-- WHAT YOU ARE ASKED TO DO --
Please reproduce the whole listing without altering anything.

-- INPUT DATA --
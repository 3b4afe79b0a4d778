//! The spill table: the head's versions whose lines were replaced.

ghost use Rattle.std.specs.Prelude.{◌≡◌, ◌<◌, ℕ, Option, Some, None, All, IfOk, length, get_or, set, replicate};
ghost use Rattle.std.specs.Prelude.{unwrap_or};
ghost use Rattle.svc_retire.specs.Spills.{is_listed, spilled_version};
ghost use Rattle.svc_retire.specs.declared.spill.SpillPlace.TheVariants.{Unlisted};

use crate::memory::store;
use std::alloc::{AllocError, Global};
use std::marker::Model;
use svc_base::{OpenError, WordAddr};

/// What the table holds for a word.
#[derive(Clone, Copy)]
enum SpillPlace {
    /// No version of the word was spilled since the last commit.
    Unlisted,
    /// One was, and then the head stored the word again.
    Emptied,
    /// The version of the head, whose line was replaced.
    Spilled(u32),
}

impl SpillPlace {
    // The word is in the list of words.
    fn is_listed(&self) -> bool
        ensures { result ≡ is_listed self.now }
    {
        match self {
            SpillPlace::Unlisted => false,
            SpillPlace::Emptied => true,
            SpillPlace::Spilled(_) => true,
        }
    }

    // The spilled version.
    fn version(&self) -> Option<u32>
        ensures { result ≡ spilled_version self.now }
    {
        match self {
            SpillPlace::Unlisted => None,
            SpillPlace::Emptied => None,
            SpillPlace::Spilled(value) => Some(*value),
        }
    }

    // The place after its word was stored again.
    fn without_version(&self) -> SpillPlace
        ensures listed { is_listed result ≡ is_listed self.now }
        ensures empty { spilled_version result ≡ None }
    {
        match self {
            SpillPlace::Unlisted => SpillPlace::Unlisted,
            SpillPlace::Emptied => SpillPlace::Emptied,
            SpillPlace::Spilled(_) => SpillPlace::Emptied,
        }
    }
}

/// The spill table: for each word of the memory, the head's version of it whose line was replaced, if
/// any. A new head finds it empty.
///
/// The words with a version are also kept in a list, so that the cost of a commit depends on what
/// was spilled since the last one, not on the memory's size. Both are allocated at opening.
///
/// Contracts see the list of the versions by word.
#[derive(Drop)]
pub struct Spill {
    places: Vec<SpillPlace>,
    words: Vec<u32>,
    count: usize,
}

impl Model for Spill {
    ghost use Rattle.std.specs.Prelude.{List, Option, ℕ, map};
    ghost use Rattle.svc_retire.specs.Spills.{spilled_version, IsListed};

    ghost Value = { List (Option ℕ) };

    ghost view = { λ table. map spilled_version table.places.items };

    ghost invariant = { λ table. IsListed table.places.items table.words.items table.count };
}

// A number of places without a version.
fn empty_places(alloc: Global, words: usize) -> Result<Vec<SpillPlace>, AllocError>
    ensures { IfOk result (λ places. places.items ≡ replicate words Unlisted) }
{
    vec![in alloc; SpillPlace::Unlisted; words]
}

// A number of places for words.
fn empty_words(alloc: Global, words: usize) -> Result<Vec<u32>, AllocError>
    ensures { IfOk result (λ list. length list.items ≡ words) }
{
    vec![in alloc; 0; words]
}

impl Spill {
    /// A table without versions, for a memory of that many words. It allocates all its memory here.
    ///
    /// Errors: [`OpenError::Memory`].
    pub fn open(alloc: Global, words: usize) -> Result<Spill, OpenError>
        ensures { IfOk result (λ table. table ≡ replicate words None) }
    {
        let Ok(places) = empty_places(alloc, words) else {
            return Err(OpenError::Memory);
        };
        let Ok(words) = empty_words(alloc, words) else {
            return Err(OpenError::Memory);
        };
        Ok(Spill {
            places,
            words,
            count: 0,
        })
    }

    /// It becomes equal to another table, for a memory of as many words. It takes no memory.
    pub fn copy_from(&mut self, other: &Spill)
        requires { length self.old ≡ length other.now }
        ensures { self.new ≡ other.now }
    {
        self.places.copy_from_slice(&other.places);
        self.words.copy_from_slice(&other.words);
        self.count = other.count;
    }

    /// How many words the memory has.
    pub fn len(&self) -> usize
        ensures { result ≡ length self.now }
    {
        self.places.len()
    }

    /// The spilled version of the word.
    pub fn get(&self, word: WordAddr) -> Option<u32>
        requires { word.0 < length self.now }
        ensures { result ≡ get_or self.now word.0 None }
    {
        self.places[word.0 as usize].version()
    }

    /// The head's version of the word is spilled.
    pub fn put(&mut self, word: WordAddr, value: u32)
        requires { word.0 < length self.old }
        ensures { self.new ≡ set self.old word.0 (Some value) }
    {
        let place = word.0 as usize;
        if !self.places[place].is_listed() {
            self.words[self.count] = word.0;
            self.count += 1;
        }
        self.places[place] = SpillPlace::Spilled(value);
    }

    /// The head stored the word again: the spilled version is no longer its version.
    pub fn clear(&mut self, word: WordAddr)
        requires { word.0 < length self.old }
        ensures { self.new ≡ set self.old word.0 None }
    {
        let place = word.0 as usize;
        self.places[place] = self.places[place].without_version();
    }

    /// The head is committed: the spilled versions go to the backing memory, and the table is empty.
    pub fn write_back(&mut self, backing: &mut [u32])
        requires { length backing.old ≡ length self.old }
        ensures memory { (a : ℕ) → get_or backing.new a 0 ≡ unwrap_or (get_or self.old a None)
            (get_or backing.old a 0) }
        ensures empty { self.new ≡ replicate (length self.old) None }
    {
        for k in 0..self.count {
            let place = self.words[k] as usize;
            let version = self.places[place].version();
            store(backing, place, version);
            self.places[place] = SpillPlace::Unlisted;
        }
        self.count = 0;
    }
}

-- RESPONSE --
repository 3b4afe79b0a4d778
//! The spill table: the head's versions whose lines were replaced.

ghost use Rattle.std.specs.Prelude.{◌≡◌, ◌<◌, ℕ, Option, Some, None, All, IfOk, length, get_or, set, replicate};
ghost use Rattle.std.specs.Prelude.{unwrap_or};
ghost use Rattle.svc_retire.specs.Spills.{is_listed, spilled_version};
ghost use Rattle.svc_retire.specs.declared.spill.SpillPlace.TheVariants.{Unlisted};

use crate::memory::store;
use std::alloc::{AllocError, Global};
use std::marker::Model;
use svc_base::{OpenError, WordAddr};

/// What the table holds for a word.
#[derive(Clone, Copy)]
enum SpillPlace {
    /// No version of the word was spilled since the last commit.
    Unlisted,
    /// One was, and then the head stored the word again.
    Emptied,
    /// The version of the head, whose line was replaced.
    Spilled(u32),
}

impl SpillPlace {
    // The word is in the list of words.
    fn is_listed(&self) -> bool
        ensures { result ≡ is_listed self.now }
    {
        match self {
            SpillPlace::Unlisted => false,
            SpillPlace::Emptied => true,
            SpillPlace::Spilled(_) => true,
        }
    }

    // The spilled version.
    fn version(&self) -> Option<u32>
        ensures { result ≡ spilled_version self.now }
    {
        match self {
            SpillPlace::Unlisted => None,
            SpillPlace::Emptied => None,
            SpillPlace::Spilled(value) => Some(*value),
        }
    }

    // The place after its word was stored again.
    fn without_version(&self) -> SpillPlace
        ensures listed { is_listed result ≡ is_listed self.now }
        ensures empty { spilled_version result ≡ None }
    {
        match self {
            SpillPlace::Unlisted => SpillPlace::Unlisted,
            SpillPlace::Emptied => SpillPlace::Emptied,
            SpillPlace::Spilled(_) => SpillPlace::Emptied,
        }
    }
}

/// The spill table: for each word of the memory, the head's version of it whose line was replaced, if
/// any. A new head finds it empty.
///
/// The words with a version are also kept in a list, so that the cost of a commit depends on what
/// was spilled since the last one, not on the memory's size. Both are allocated at opening.
///
/// Contracts see the list of the versions by word.
#[derive(Drop)]
pub struct Spill {
    places: Vec<SpillPlace>,
    words: Vec<u32>,
    count: usize,
}

impl Model for Spill {
    ghost use Rattle.std.specs.Prelude.{List, Option, ℕ, map};
    ghost use Rattle.svc_retire.specs.Spills.{spilled_version, IsListed};

    ghost Value = { List (Option ℕ) };

    ghost view = { λ table. map spilled_version table.places.items };

    ghost invariant = { λ table. IsListed table.places.items table.words.items table.count };
}

// A number of places without a version.
fn empty_places(alloc: Global, words: usize) -> Result<Vec<SpillPlace>, AllocError>
    ensures { IfOk result (λ places. places.items ≡ replicate words Unlisted) }
{
    vec![in alloc; SpillPlace::Unlisted; words]
}

// A number of places for words.
fn empty_words(alloc: Global, words: usize) -> Result<Vec<u32>, AllocError>
    ensures { IfOk result (λ list. length list.items ≡ words) }
{
    vec![in alloc; 0; words]
}

impl Spill {
    /// A table without versions, for a memory of that many words. It allocates all its memory here.
    ///
    /// Errors: [`OpenError::Memory`].
    pub fn open(alloc: Global, words: usize) -> Result<Spill, OpenError>
        ensures { IfOk result (λ table. table ≡ replicate words None) }
    {
        let Ok(places) = empty_places(alloc, words) else {
            return Err(OpenError::Memory);
        };
        let Ok(words) = empty_words(alloc, words) else {
            return Err(OpenError::Memory);
        };
        Ok(Spill {
            places,
            words,
            count: 0,
        })
    }

    /// It becomes equal to another table, for a memory of as many words. It takes no memory.
    pub fn copy_from(&mut self, other: &Spill)
        requires { length self.old ≡ length other.now }
        ensures { self.new ≡ other.now }
    {
        self.places.copy_from_slice(&other.places);
        self.words.copy_from_slice(&other.words);
        self.count = other.count;
    }

    /// How many words the memory has.
    pub fn len(&self) -> usize
        ensures { result ≡ length self.now }
    {
        self.places.len()
    }

    /// The spilled version of the word.
    pub fn get(&self, word: WordAddr) -> Option<u32>
        requires { word.0 < length self.now }
        ensures { result ≡ get_or self.now word.0 None }
    {
        self.places[word.0 as usize].version()
    }

    /// The head's version of the word is spilled.
    pub fn put(&mut self, word: WordAddr, value: u32)
        requires { word.0 < length self.old }
        ensures { self.new ≡ set self.old word.0 (Some value) }
    {
        let place = word.0 as usize;
        if !self.places[place].is_listed() {
            self.words[self.count] = word.0;
            self.count += 1;
        }
        self.places[place] = SpillPlace::Spilled(value);
    }

    /// The head stored the word again: the spilled version is no longer its version.
    pub fn clear(&mut self, word: WordAddr)
        requires { word.0 < length self.old }
        ensures { self.new ≡ set self.old word.0 None }
    {
        let place = word.0 as usize;
        self.places[place] = self.places[place].without_version();
    }

    /// The head is committed: the spilled versions go to the backing memory, and the table is empty.
    pub fn write_back(&mut self, backing: &mut [u32])
        requires { length backing.old ≡ length self.old }
        ensures memory { (a : ℕ) → get_or backing.new a 0 ≡ unwrap_or (get_or self.old a None)
            (get_or backing.old a 0) }
        ensures empty { self.new ≡ replicate (length self.old) None }
    {
        for k in 0..self.count {
            let place = self.words[k] as usize;
            let version = self.places[place].version();
            store(backing, place, version);
            self.places[place] = SpillPlace::Unlisted;
        }
        self.count = 0;
    }
}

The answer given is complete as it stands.